Stored data entries:
....
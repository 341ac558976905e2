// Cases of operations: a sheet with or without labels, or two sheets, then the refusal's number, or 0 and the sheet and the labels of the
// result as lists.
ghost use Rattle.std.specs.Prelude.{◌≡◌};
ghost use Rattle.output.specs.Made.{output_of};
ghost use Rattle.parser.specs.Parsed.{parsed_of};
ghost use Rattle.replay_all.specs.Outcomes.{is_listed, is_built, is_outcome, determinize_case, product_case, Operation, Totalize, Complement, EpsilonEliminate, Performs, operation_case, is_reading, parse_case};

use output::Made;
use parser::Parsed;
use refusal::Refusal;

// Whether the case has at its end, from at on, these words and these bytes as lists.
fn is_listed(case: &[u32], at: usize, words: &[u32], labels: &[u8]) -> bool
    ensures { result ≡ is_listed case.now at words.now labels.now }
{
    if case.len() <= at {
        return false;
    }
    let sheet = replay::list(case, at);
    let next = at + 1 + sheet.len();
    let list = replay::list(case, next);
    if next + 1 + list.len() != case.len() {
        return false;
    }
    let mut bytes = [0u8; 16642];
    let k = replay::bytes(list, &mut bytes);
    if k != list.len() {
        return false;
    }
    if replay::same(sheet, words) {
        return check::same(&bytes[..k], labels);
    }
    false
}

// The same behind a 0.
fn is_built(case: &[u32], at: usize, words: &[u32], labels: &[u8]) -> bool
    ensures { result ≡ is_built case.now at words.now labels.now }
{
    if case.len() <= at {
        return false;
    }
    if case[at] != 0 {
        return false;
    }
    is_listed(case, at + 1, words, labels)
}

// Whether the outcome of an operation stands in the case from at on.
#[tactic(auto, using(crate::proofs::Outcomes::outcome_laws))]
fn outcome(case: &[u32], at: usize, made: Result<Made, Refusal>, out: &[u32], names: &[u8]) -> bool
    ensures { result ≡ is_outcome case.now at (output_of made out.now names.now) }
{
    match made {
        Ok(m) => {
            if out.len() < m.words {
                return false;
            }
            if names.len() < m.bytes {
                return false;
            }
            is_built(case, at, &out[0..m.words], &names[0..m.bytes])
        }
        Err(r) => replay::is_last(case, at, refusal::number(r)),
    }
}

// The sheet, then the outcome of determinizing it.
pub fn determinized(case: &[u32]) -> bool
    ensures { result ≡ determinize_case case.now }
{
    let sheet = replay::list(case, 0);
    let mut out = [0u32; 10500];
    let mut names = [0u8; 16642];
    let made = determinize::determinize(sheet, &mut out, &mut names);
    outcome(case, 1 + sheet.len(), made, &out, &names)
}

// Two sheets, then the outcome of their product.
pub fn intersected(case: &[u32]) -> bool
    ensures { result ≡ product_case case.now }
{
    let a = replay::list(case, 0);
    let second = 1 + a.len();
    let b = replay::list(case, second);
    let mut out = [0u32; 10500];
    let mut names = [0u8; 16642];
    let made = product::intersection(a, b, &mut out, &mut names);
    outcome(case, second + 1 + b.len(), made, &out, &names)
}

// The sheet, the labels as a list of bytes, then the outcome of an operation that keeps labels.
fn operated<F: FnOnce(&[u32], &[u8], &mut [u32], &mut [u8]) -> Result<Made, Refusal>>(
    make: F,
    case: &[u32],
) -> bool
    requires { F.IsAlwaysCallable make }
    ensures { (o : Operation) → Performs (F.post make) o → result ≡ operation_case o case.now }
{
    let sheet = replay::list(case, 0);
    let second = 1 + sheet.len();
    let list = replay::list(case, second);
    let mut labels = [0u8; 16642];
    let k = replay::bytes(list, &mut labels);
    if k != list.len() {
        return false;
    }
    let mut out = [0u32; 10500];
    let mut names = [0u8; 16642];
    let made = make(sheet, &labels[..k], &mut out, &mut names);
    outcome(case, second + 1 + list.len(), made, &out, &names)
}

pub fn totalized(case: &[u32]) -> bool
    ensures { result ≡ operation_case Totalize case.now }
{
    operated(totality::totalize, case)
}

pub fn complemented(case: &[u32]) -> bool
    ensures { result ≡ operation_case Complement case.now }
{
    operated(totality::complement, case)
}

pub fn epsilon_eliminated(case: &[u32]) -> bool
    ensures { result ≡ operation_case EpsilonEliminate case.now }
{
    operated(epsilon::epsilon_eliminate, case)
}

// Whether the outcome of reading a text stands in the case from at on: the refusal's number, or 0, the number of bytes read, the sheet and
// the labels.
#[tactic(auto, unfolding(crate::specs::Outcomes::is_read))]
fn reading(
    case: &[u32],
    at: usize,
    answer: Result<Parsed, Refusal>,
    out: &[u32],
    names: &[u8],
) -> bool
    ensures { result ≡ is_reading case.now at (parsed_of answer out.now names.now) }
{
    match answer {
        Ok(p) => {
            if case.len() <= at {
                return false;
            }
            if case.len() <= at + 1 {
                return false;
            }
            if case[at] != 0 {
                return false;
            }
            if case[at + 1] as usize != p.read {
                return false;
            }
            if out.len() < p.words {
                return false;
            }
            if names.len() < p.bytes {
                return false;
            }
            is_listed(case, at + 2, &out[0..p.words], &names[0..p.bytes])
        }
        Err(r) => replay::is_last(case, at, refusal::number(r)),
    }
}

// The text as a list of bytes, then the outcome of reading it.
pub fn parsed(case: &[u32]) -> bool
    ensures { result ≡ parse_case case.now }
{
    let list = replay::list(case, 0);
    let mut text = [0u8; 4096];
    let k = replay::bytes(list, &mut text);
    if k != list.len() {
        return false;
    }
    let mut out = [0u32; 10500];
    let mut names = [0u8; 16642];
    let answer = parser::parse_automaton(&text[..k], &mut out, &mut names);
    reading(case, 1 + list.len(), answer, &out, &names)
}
....
YOUR INSTRUCTIONS: Please copy the data in full, character for character.

WRITTEN SOLUTION:
repository 341ac558976905e2
// Cases of operations: a sheet with or without labels, or two sheets, then the refusal's number, or 0 and the sheet and the labels of the
// result as lists.
ghost use Rattle.std.specs.Prelude.{◌≡◌};
ghost use Rattle.output.specs.Made.{output_of};
ghost use Rattle.parser.specs.Parsed.{parsed_of};
ghost use Rattle.replay_all.specs.Outcomes.{is_listed, is_built, is_outcome, determinize_case, product_case, Operation, Totalize, Complement, EpsilonEliminate, Performs, operation_case, is_reading, parse_case};

use output::Made;
use parser::Parsed;
use refusal::Refusal;

// Whether the case has at its end, from at on, these words and these bytes as lists.
fn is_listed(case: &[u32], at: usize, words: &[u32], labels: &[u8]) -> bool
    ensures { result ≡ is_listed case.now at words.now labels.now }
{
    if case.len() <= at {
        return false;
    }
    let sheet = replay::list(case, at);
    let next = at + 1 + sheet.len();
    let list = replay::list(case, next);
    if next + 1 + list.len() != case.len() {
        return false;
    }
    let mut bytes = [0u8; 16642];
    let k = replay::bytes(list, &mut bytes);
    if k != list.len() {
        return false;
    }
    if replay::same(sheet, words) {
        return check::same(&bytes[..k], labels);
    }
    false
}

// The same behind a 0.
fn is_built(case: &[u32], at: usize, words: &[u32], labels: &[u8]) -> bool
    ensures { result ≡ is_built case.now at words.now labels.now }
{
    if case.len() <= at {
        return false;
    }
    if case[at] != 0 {
        return false;
    }
    is_listed(case, at + 1, words, labels)
}

// Whether the outcome of an operation stands in the case from at on.
#[tactic(auto, using(crate::proofs::Outcomes::outcome_laws))]
fn outcome(case: &[u32], at: usize, made: Result<Made, Refusal>, out: &[u32], names: &[u8]) -> bool
    ensures { result ≡ is_outcome case.now at (output_of made out.now names.now) }
{
    match made {
        Ok(m) => {
            if out.len() < m.words {
                return false;
            }
            if names.len() < m.bytes {
                return false;
            }
            is_built(case, at, &out[0..m.words], &names[0..m.bytes])
        }
        Err(r) => replay::is_last(case, at, refusal::number(r)),
    }
}

// The sheet, then the outcome of determinizing it.
pub fn determinized(case: &[u32]) -> bool
    ensures { result ≡ determinize_case case.now }
{
    let sheet = replay::list(case, 0);
    let mut out = [0u32; 10500];
    let mut names = [0u8; 16642];
    let made = determinize::determinize(sheet, &mut out, &mut names);
    outcome(case, 1 + sheet.len(), made, &out, &names)
}

// Two sheets, then the outcome of their product.
pub fn intersected(case: &[u32]) -> bool
    ensures { result ≡ product_case case.now }
{
    let a = replay::list(case, 0);
    let second = 1 + a.len();
    let b = replay::list(case, second);
    let mut out = [0u32; 10500];
    let mut names = [0u8; 16642];
    let made = product::intersection(a, b, &mut out, &mut names);
    outcome(case, second + 1 + b.len(), made, &out, &names)
}

// The sheet, the labels as a list of bytes, then the outcome of an operation that keeps labels.
fn operated<F: FnOnce(&[u32], &[u8], &mut [u32], &mut [u8]) -> Result<Made, Refusal>>(
    make: F,
    case: &[u32],
) -> bool
    requires { F.IsAlwaysCallable make }
    ensures { (o : Operation) → Performs (F.post make) o → result ≡ operation_case o case.now }
{
    let sheet = replay::list(case, 0);
    let second = 1 + sheet.len();
    let list = replay::list(case, second);
    let mut labels = [0u8; 16642];
    let k = replay::bytes(list, &mut labels);
    if k != list.len() {
        return false;
    }
    let mut out = [0u32; 10500];
    let mut names = [0u8; 16642];
    let made = make(sheet, &labels[..k], &mut out, &mut names);
    outcome(case, second + 1 + list.len(), made, &out, &names)
}

pub fn totalized(case: &[u32]) -> bool
    ensures { result ≡ operation_case Totalize case.now }
{
    operated(totality::totalize, case)
}

pub fn complemented(case: &[u32]) -> bool
    ensures { result ≡ operation_case Complement case.now }
{
    operated(totality::complement, case)
}

pub fn epsilon_eliminated(case: &[u32]) -> bool
    ensures { result ≡ operation_case EpsilonEliminate case.now }
{
    operated(epsilon::epsilon_eliminate, case)
}

// Whether the outcome of reading a text stands in the case from at on: the refusal's number, or 0, the number of bytes read, the sheet and
// the labels.
#[tactic(auto, unfolding(crate::specs::Outcomes::is_read))]
fn reading(
    case: &[u32],
    at: usize,
    answer: Result<Parsed, Refusal>,
    out: &[u32],
    names: &[u8],
) -> bool
    ensures { result ≡ is_reading case.now at (parsed_of answer out.now names.now) }
{
    match answer {
        Ok(p) => {
            if case.len() <= at {
                return false;
            }
            if case.len() <= at + 1 {
                return false;
            }
            if case[at] != 0 {
                return false;
            }
            if case[at + 1] as usize != p.read {
                return false;
            }
            if out.len() < p.words {
                return false;
            }
            if names.len() < p.bytes {
                return false;
            }
            is_listed(case, at + 2, &out[0..p.words], &names[0..p.bytes])
        }
        Err(r) => replay::is_last(case, at, refusal::number(r)),
    }
}

// The text as a list of bytes, then the outcome of reading it.
pub fn parsed(case: &[u32]) -> bool
    ensures { result ≡ parse_case case.now }
{
    let list = replay::list(case, 0);
    let mut text = [0u8; 4096];
    let k = replay::bytes(list, &mut text);
    if k != list.len() {
        return false;
    }
    let mut out = [0u32; 10500];
    let mut names = [0u8; 16642];
    let answer = parser::parse_automaton(&text[..k], &mut out, &mut names);
    reading(case, 1 + list.len(), answer, &out, &names)
}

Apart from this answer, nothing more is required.